We tried the " wet pillow case method" the next night but it didn't do anything whatsoever.  Tonight we tried the first method again and now her neck skin is starting to come off. (NOTHING is coming off her head or her eyes though)


We are both feeling VERY bad at this point because we know it's our own fault!  Her humidity is at shedding levels now (70% but we worry about keeping it that high for so long) We don't want her getting a RI.

Snakes shed from the front to the back and at this point her neck will be shed tomorrow but her head is not budging!   Her eyes are messed up looking with dents and some skin has "flaked" around her mouth but IT ISN'T peeling!

I am confident when she gets though this shed she won't have another bad shed considering we fixed her humidity but.....

how can we get her to shed on her head????

I am panicking at this point! :Tears:

----------

Kymberli (02-21-2011)

----------


## thedarkwolf25

Typically eye dents mean that she is dehydrated but if your humidity is at 70% then that should change pretty soon. As for the head and eyes I'm not sure, we just got our little girl not long ago and her head shed fine (it was the rest that was a bad shed).

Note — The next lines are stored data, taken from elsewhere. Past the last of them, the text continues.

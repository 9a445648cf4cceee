//! Operators that have signs.

use acpi_tree::{Op, Operand, OperandKind, Term};

/// The sign of an operator of two operands and a target.
pub(crate) fn sign_of(op: Op) -> Option<&'static str> {
    match op {
        Op::Add => Some("+"),
        Op::Subtract => Some("-"),
        Op::Multiply => Some("*"),
        Op::Mod => Some("%"),
        Op::And => Some("&"),
        Op::Or => Some("|"),
        Op::XOr => Some("^"),
        Op::ShiftLeft => Some("<<"),
        Op::ShiftRight => Some(">>"),
        _ => None,
    }
}

/// The sign of a comparison, or of a logical operator of two operands.
pub(crate) fn comparison_of(op: Op) -> Option<&'static str> {
    match op {
        Op::LEqual => Some("=="),
        Op::LLess => Some("<"),
        Op::LGreater => Some(">"),
        Op::LAnd => Some("&&"),
        Op::LOr => Some("||"),
        _ => None,
    }
}

/// The sign of what is so where a comparison is not.
pub(crate) fn negation_of(op: Op) -> Option<&'static str> {
    match op {
        Op::LEqual => Some("!="),
        Op::LLess => Some(">="),
        Op::LGreater => Some("<="),
        _ => None,
    }
}

/// Whether the result of an operator is put into its last operand, a target (ACPI 6.5, 20.2.5.4).
pub(crate) fn ends_with_target(op: Op) -> bool {
    match op {
        Op::CondRefOf | Op::Load | Op::Divide => false,
        _ => matches!(op.operands().last(), Some(OperandKind::Target)),
    }
}

// Whether a sign is that of a comparison.
fn is_comparison(sign: &str) -> bool {
    matches!(sign, "==" | "!=" | "<" | ">" | "<=" | ">=")
}

// The sign of a term whose result is put nowhere.
fn plain_sign(term: &Term) -> Option<&'static str> {
    let Term::Op(op, operands) = term else {
        return None;
    };
    match operands.as_slice() {
        [_, _, Operand::Term(Term::NoTarget)] => sign_of(*op),
        [_, _] => comparison_of(*op),
        [Operand::Term(Term::Op(negated, _))] if *op == Op::LNot => negation_of(*negated),
        _ => None,
    }
}

/// Whether a term is clear as an operand of a sign without parentheses: comparisons between `&&` and `||`, sums and products
/// between comparisons, and chains of one of `+`, `|` and `&`.
pub(crate) fn is_clear(sign: &str, term: &Term) -> bool {
    match plain_sign(term) {
        Some(inner) => match sign {
            "&&" | "||" => is_comparison(inner),
            "+" | "|" | "&" => inner == sign,
            _ => is_comparison(sign) && matches!(inner, "+" | "-" | "*"),
        },
        None => matches!(sign, "&&" | "||") && matches!(term, Term::Op(Op::LNot, _)),
    }
}

/// Whether the text of a term has a sign outside of parentheses, so that it stands in parentheses as an operand.
pub(crate) fn has_sign(term: &Term) -> bool {
    let Term::Op(op, operands) = term else {
        return false;
    };
    match op {
        Op::Store | Op::Divide | Op::LNot => true,
        _ => {
            let is_put = ends_with_target(*op)
                && !matches!(operands.last(), Some(Operand::Term(Term::NoTarget)));
            is_put || sign_of(*op).is_some() || comparison_of(*op).is_some()
        }
    }
}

Hopefully some of the more experienced members have some advice for you.

----------


## snakesRkewl

I use 

Sterilite tub with lid
1 to 1 1/2 inches of 85 degree water
towel in water
half log hide on that(the only good use for a half log hide, lol)
the snake will rub its face on the log hide  :Smile: 

30 minute soak and if it's not off then replace water and do 30 more minutes.

----------


## Superpop

So she now was soaked for the 5th day in a row tonight and still her head skin and spectacles remain. 

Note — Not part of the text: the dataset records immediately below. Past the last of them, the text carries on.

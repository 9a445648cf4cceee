//! Operators in infix form.

use crate::pieces::{Piece, Pieces};
use crate::signs::{comparison_of, ends_with_target, is_clear, negation_of, sign_of};
use crate::terms::put_head;
use acpi_overview::integer_value;
use acpi_tree::{Op, Operand, Term};
use std::alloc::AllocError;

// ---- operands

// Two values with a sign between them.
fn put_between<'t>(
    pieces: &mut Pieces<'t>,
    left: &'t Term,
    sign: &'t str,
    right: &'t Term,
) -> Result<(), AllocError> {
    put_operand(pieces, left, sign)?;
    pieces.put_text(" ")?;
    pieces.put_text(sign)?;
    pieces.put_text(" ")?;
    put_right(pieces, sign, right)
}

// A value beside a sign, in parentheses where it isn't clear without.
fn put_operand<'t>(pieces: &mut Pieces<'t>, term: &'t Term, sign: &str) -> Result<(), AllocError> {
    if is_clear(sign, term) {
        pieces.put(Piece::Term(term))
    } else {
        pieces.put(Piece::Value(term))
    }
}

// A value behind a sign: a number of bits by which is shifted has decimal digits, and a mask with many ones is the complement
// of one with few.
fn put_right<'t>(pieces: &mut Pieces<'t>, sign: &str, term: &'t Term) -> Result<(), AllocError> {
    match (sign, number_of(term)) {
        ("<<" | ">>", Some(count)) => pieces.put(Piece::Decimal(count)),
        ("&", Some(mask)) if mask != u64::MAX && mask >> 40 == 0xFF_FFFF => {
            pieces.put_text("~")?;
            pieces.put(Piece::Number(u64::MAX - mask))
        }
        _ => put_operand(pieces, term, sign),
    }
}

fn number_of(term: &Term) -> Option<u64> {
    match term {
        Term::Int(int) => integer_value(*int),
        _ => None,
    }
}

// A value, and what stands behind it.
fn put_before<'t>(
    pieces: &mut Pieces<'t>,
    term: &'t Term,
    behind: &'t str,
) -> Result<(), AllocError> {
    pieces.put(Piece::Value(term))?;
    pieces.put_text(behind)
}

// A target and an equals sign; nothing where there is no target.
fn put_target<'t>(pieces: &mut Pieces<'t>, target: &'t Term) -> Result<(), AllocError> {
    if let Term::NoTarget = target {
        return Ok(());
    }
    pieces.put(Piece::Term(target))?;
    pieces.put_text(" = ")
}

// An operand.
fn piece_of<'t>(operand: &'t Operand) -> Piece<'t> {
    match operand {
        Operand::Term(term) => Piece::Term(term),
        Operand::Byte(number) => Piece::Number(u64::from(*number)),
        Operand::Word(number) => Piece::Number(u64::from(*number)),
        Operand::DWord(number) => Piece::Number(u64::from(*number)),
    }
}

// The word of an operator, and its operands in parentheses, but for targets that are none.
fn put_call<'t>(
    pieces: &mut Pieces<'t>,
    op: Op,
    operands: &'t [Operand],
) -> Result<(), AllocError> {
    pieces.put_text(op.row().word)?;
    let mut is_first = true;
    for operand in operands {
        if let Operand::Term(Term::NoTarget) = operand {
            continue;
        }
        pieces.put_text(if is_first { "(" } else { ", " })?;
        is_first = false;
        pieces.put(piece_of(operand))?;
    }
    if !is_first {
        pieces.put_text(")")?;
    }
    Ok(())
}

// ---- operators

// Whether a value is what a target is: a name stands for a value as a call without arguments.
fn is_same_place(value: &Term, target: &Term) -> bool {
    match (value, target) {
        (Term::Call(name, values), Term::Ref(other)) => values.is_empty() && name == other,
        _ => value == target,
    }
}

// An operator with a sign, whose result is put into a target: `CNT += 1` where that is the first operand.
fn put_computed<'t>(
    pieces: &mut Pieces<'t>,
    (left, sign, right): (&'t Term, &'t str, &'t Term),
    target: &'t Term,
) -> Result<(), AllocError> {
    if is_same_place(left, target) {
        pieces.put(Piece::Term(left))?;
        pieces.put_text(" ")?;
        pieces.put_text(sign)?;
        pieces.put_text("= ")?;
        return put_right(pieces, sign, right);
    }
    put_target(pieces, target)?;
    put_between(pieces, left, sign, right)
}

// A value that is put into a target.
fn put_store<'t>(
    pieces: &mut Pieces<'t>,
    value: &'t Term,
    target: &'t Term,
) -> Result<(), AllocError> {
    if let Term::Op(op, operands) = value {
        if let (
            Some(sign),
            [
                Operand::Term(left),
                Operand::Term(right),
                Operand::Term(Term::NoTarget),
            ],
        ) = (sign_of(*op), operands.as_slice())
        {
            return put_computed(pieces, (left, sign, right), target);
        }
    }
    put_target(pieces, target)?;
    pieces.put(Piece::Term(value))
}

// What is not so.
fn put_not<'t>(pieces: &mut Pieces<'t>, value: &'t Term) -> Result<(), AllocError> {
    if let Term::Op(op, operands) = value {
        if let (Some(sign), [Operand::Term(left), Operand::Term(right)]) = (
            negation_of(*op),
            operands.as_slice(),
        ) {
            return put_between(pieces, left, sign, right);
        }
    }
    pieces.put_text("!")?;
    pieces.put(Piece::Value(value))
}

// An operator whose result is put into its last operand.
fn put_putting<'t>(
    pieces: &mut Pieces<'t>,
    op: Op,
    operands: &'t [Operand],
) -> Result<(), AllocError> {
    let [values @ .., Operand::Term(target)] = operands else {
        return put_call(pieces, op, operands);
    };
    put_target(pieces, target)?;
    match (op, values) {
        (Op::Index, [Operand::Term(list), Operand::Term(index)]) => {
            put_before(pieces, list, "[")?;
            pieces.put(Piece::Term(index))?;
            pieces.put_text("]")
        }
        _ => put_call(pieces, op, values),
    }
}

// An operator without a form of its own, by its signs.
fn put_signed<'t>(
    pieces: &mut Pieces<'t>,
    op: Op,
    operands: &'t [Operand],
) -> Result<(), AllocError> {
    match (sign_of(op), comparison_of(op), operands) {
        (
            Some(sign),
            _,
            [
                Operand::Term(left),
                Operand::Term(right),
                Operand::Term(target),
            ],
        ) => { put_computed(pieces, (left, sign, right), target) }
        (_, Some(sign), [Operand::Term(left), Operand::Term(right)]) => {
            put_between(pieces, left, sign, right)
        }
        _ if ends_with_target(op) => put_putting(pieces, op, operands),
        _ => put_call(pieces, op, operands),
    }
}

/// Puts an operator and its operands.
pub(crate) fn put_op<'t>(
    pieces: &mut Pieces<'t>,
    op: Op,
    operands: &'t [Operand],
) -> Result<(), AllocError> {
    match (op, operands) {
        (Op::Store, [Operand::Term(value), Operand::Term(target)]) => {
            put_store(pieces, value, target)
        }
        (
            Op::Divide,
            [
                Operand::Term(left),
                Operand::Term(right),
                Operand::Term(Term::NoTarget),
                Operand::Term(target),
            ],
        ) => {
            put_target(pieces, target)?;
            put_between(pieces, left, "/", right)
        }
        (Op::LNot, [Operand::Term(value)]) => put_not(pieces, value),
        (Op::Increment, [Operand::Term(target)]) => put_before(pieces, target, "++"),
        (Op::Decrement, [Operand::Term(target)]) => put_before(pieces, target, "--"),
        (Op::Return, [Operand::Term(value)]) => put_head(pieces, "Return (", value),
        _ => put_signed(pieces, op, operands),
    }
}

As of 2 days ago her eyes are no longer "dented" so I guess that means she is at least no longer dehydrated so that is a baby step in the right direction I guess.   We did try and put a half log in the container for her to rub on while soaking but it didn't help at all.

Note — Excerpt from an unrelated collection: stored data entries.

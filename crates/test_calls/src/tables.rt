//! Whole tables.

/// A DSDT without code.
pub const EMPTY: &[u8] = b"DSDT$\0\0\0\x02\xAB\0\0\0\0\0\0\0\0\0\0\0\0\0\0\0\0\0\0\0\0\0\0\0\0\0\0";

/// Scope (\_SB) { Device (PCI0) { Name (_ADR, Zero) } }
pub const DSDT: &[u8] =
    b"DSDT8\0\0\0\x02\x93\0\0\0\0\0\0\0\0\0\0\0\0\0\0\0\0\0\0\0\0\0\0\0\0\0\0\x10\x13\\_SB_[\x82\x0BPCI0\x08_ADR\0";

/// Method (CALL) { Name (AA, Zero) Return (MTH2 (1, 2)) }
pub const CALL: &[u8] =
    b"DSDT:\0\0\0\x022\0\0\0\0\0\0\0\0\0\0\0\0\0\0\0\0\0\0\0\0\0\0\0\0\0\0\x14\x15CALL\0\x08AA__\0\xA4MTH2\x0A\x01\x0A\x02";

/// Scope (\_SB.PCI0) { Name (_UID, One) }
pub const SSDT: &[u8] =
    b"SSDT6\0\0\0\x026\0\0\0\0\0\0\0\0\0\0\0\0\0\0\0\0\0\0\0\0\0\0\0\0\0\0\x10\x11\\._SB_PCI0\x08_UID\x01";

/// External (\MTH2, MethodObj, 2 arguments) and the method of `CALL`.
pub const AWAITS: &[u8] =
    b"SSDTB\0\0\0\x02\x85\0\0\0\0\0\0\0\0\0\0\0\0\0\0\0\0\0\0\0\0\0\0\0\0\0\0\x15\\MTH2\x08\x02\x14\x15CALL\0\x08AA__\0\xA4MTH2\x0A\x01\x0A\x02";

/// Method (MTH2, 2 arguments) {}
pub const MTH2: &[u8] =
    b"SSDT+\0\0\0\x02^\0\0\0\0\0\0\0\0\0\0\0\0\0\0\0\0\0\0\0\0\0\0\0\0\0\0\x14\x06MTH2\x02";

/// Field (REG0, flags 01) { AA, 8, , 4, BB, 20 }
pub const FIELD: &[u8] =
    b"SSDT8\0\0\0\x02\xE9\0\0\0\0\0\0\0\0\0\0\0\0\0\0\0\0\0\0\0\0\0\0\0\0\0\0[\x81\x12REG0\x01AA__\x08\0\x04BB__\x14";

/// Name (XYZ, Zero)
pub const ZERO: &[u8] =
    b"SSDT*\0\0\0\x02$\0\0\0\0\0\0\0\0\0\0\0\0\0\0\0\0\0\0\0\0\0\0\0\0\0\0\x08XYZ_\0";

/// Name (XYZ, One)
pub const ONE: &[u8] =
    b"SSDT*\0\0\0\x02#\0\0\0\0\0\0\0\0\0\0\0\0\0\0\0\0\0\0\0\0\0\0\0\0\0\0\x08XYZ_\x01";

We have no idea what to do anymore except try a "shed aid" spray.  I did an advanced google search of this entire website to find posts mentioning shed aids and many people say the shed aids have worked for them and many others just say the shed aids are worthless and that doing a soak a day or 2 in a row will do the trick....it's been 5 days in a row now and as I already stated the first soak worked wonders because 75% of her skin was shed by the next morning but there has been very little progress since then because its not like she wants to put her head underwater when she is being soaked and that is now the only problem area.(She has shed completely backwards as only her head and a small area of neck remains to be shed) 

I don't know what else to do at this point other then try a spray...

Going to go to petco tomorrow to get this:

http://www.petco.com/Shop/Product.as...yviewedproduct

at 2.25 fl oz for over 6 bucks it seems ridiculously overpriced but we don't know what else to do at this point.  :Sad:  (of course any further advice would be *VERY WELCOME* though!)

----------


## Quacking-Terror

When my bp had his first shed with me, it was a bad one.  I put him in a damp pillowcase for 20 minutes at a time (re-wetting the pillowcase after 20 minutes)for about an hour and I gently pulled any loose skin pieces off, eventually doing this I got the skin on his head and neck off, including eyecaps.  Also covering the tank with plastic wrap instead of foil has worked wonders for my humidity levels  :Smile: .  Hope this helps!

----------


## Superpop

> When my bp had his first shed with me, it was a bad one.  I put him in a damp pillowcase for 20 minutes at a time (re-wetting the pillowcase after 20 minutes)for about an hour and I gently pulled any loose skin pieces off, eventually doing this I got the skin on his head and neck off, including eyecaps.  Also covering the tank with plastic wrap instead of foil has worked wonders for my humidity levels .  Hope this helps!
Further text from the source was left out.